COET COCOEH 『GLASS COLLAGE』(Modern Tempo)

| | トラックバック(0)
COET COCOEH.jpg

 ピアノと声を軸に、打ち込みやギターをそえて、最低限の音数でシンプルにまとめられた本作は、高島匡未(タカシマ マサミ)という女性のソロ・プロジェクトだ。ヤング・マーブル・ジャイアンツを連想させるチープなリズム・マシーンのようなシンセ音から始まる「美しきコラージュ」をはじめ、80年代ニュー・ウェイヴ/ポスト・パンクの香りが全編に漂う。それは単なる焼きなおしではない。90年代以降の日本のポップス、オルタナティヴ・ロックを通過した感性で再構築されている。タイトル通り、繊細なガラス細工のコラージュのように、彼女の人生を彩る音の記憶を切り貼りしていく。
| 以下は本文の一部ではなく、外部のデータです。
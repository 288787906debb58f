// The words of a file as appendix II.4.4 writes it.
ghost use Rattle.std.specs.Prelude.{◌*◌, ◌≤◌, IfSome, length};

// A word of 16 bits, the high byte first.
pub(crate) type Word = [u8; 2];

// The words of a data line.
pub(crate) type Row = [Word; 16];

// The byte of two hexadecimal digits.
fn byte(high: u8, low: u8) -> Option<u8> {
    let high = char::from(high).to_digit(16)?;
    let low = char::from(low).to_digit(16)?;
    Some((16 * high + low) as u8)
}

// The words of a data line, if it is sound: 64 digits, and a checksum of two that adds up to 0 with their codes.
fn row(line: &[u8; 66]) -> Option<Row> {
    let (digits, checksum) = line.as_chunks::<4>();
    let mut row = [[0; 2]; 16];
    let mut sum: u8 = 0;
    for (word, &[a, b, c, d]) in row.iter_mut().zip(digits) {
        *word = [byte(a, b)?, byte(c, d)?];
        sum = sum
            .wrapping_add(a)
            .wrapping_add(b)
            .wrapping_add(c)
            .wrapping_add(d);
    }
    let checksum = byte(checksum[0], checksum[1])?;
    if sum.wrapping_add(checksum) == 0 {
        Some(row)
    } else {
        None
    }
}

// The words of all data lines, if each is sound and there is room for them.
// Lines that start with a slash, or are shorter than a data line, hold none.
pub(crate) fn words<'a>(text: &[u8], room: &'a mut [Row]) -> Option<&'a [Word]>
    ensures { IfSome result (λ words. length words.now ≤ 16 * length room.old) }
{
    let mut n = 0;
    for line in text.split(|c| *c == b'\n') {
        if let Some(line) = line.first_chunk::<66>()
            && line[0] != b'/'
        {
            *room.get_mut(n)? = row(line)?;
            n += 1;
        }
    }
    Some(room[..n].as_flattened())
}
 タイトルからスーパーカーを思い出させる「SODACREAM」は、ピアノのループと打ち込みによるベース音が絡み、まるでらせん階段を上昇、あるいは下降していくような錯覚を与える。インスト曲「WHISPER」では、マイ・ブラッディ・ヴァレンタインOnly Shallow」を連想させる轟音のなかに、あるはずのない囁き声を聞く。同じくインストの「ルーリードに花束を」は、タイトル通り、ルー・リードの「Vicious」を髣髴とさせるギター・リフに、教会の賛美歌のようなメロディーが重なり、まるでルーの魂を祝福し包み込むように広がっていく。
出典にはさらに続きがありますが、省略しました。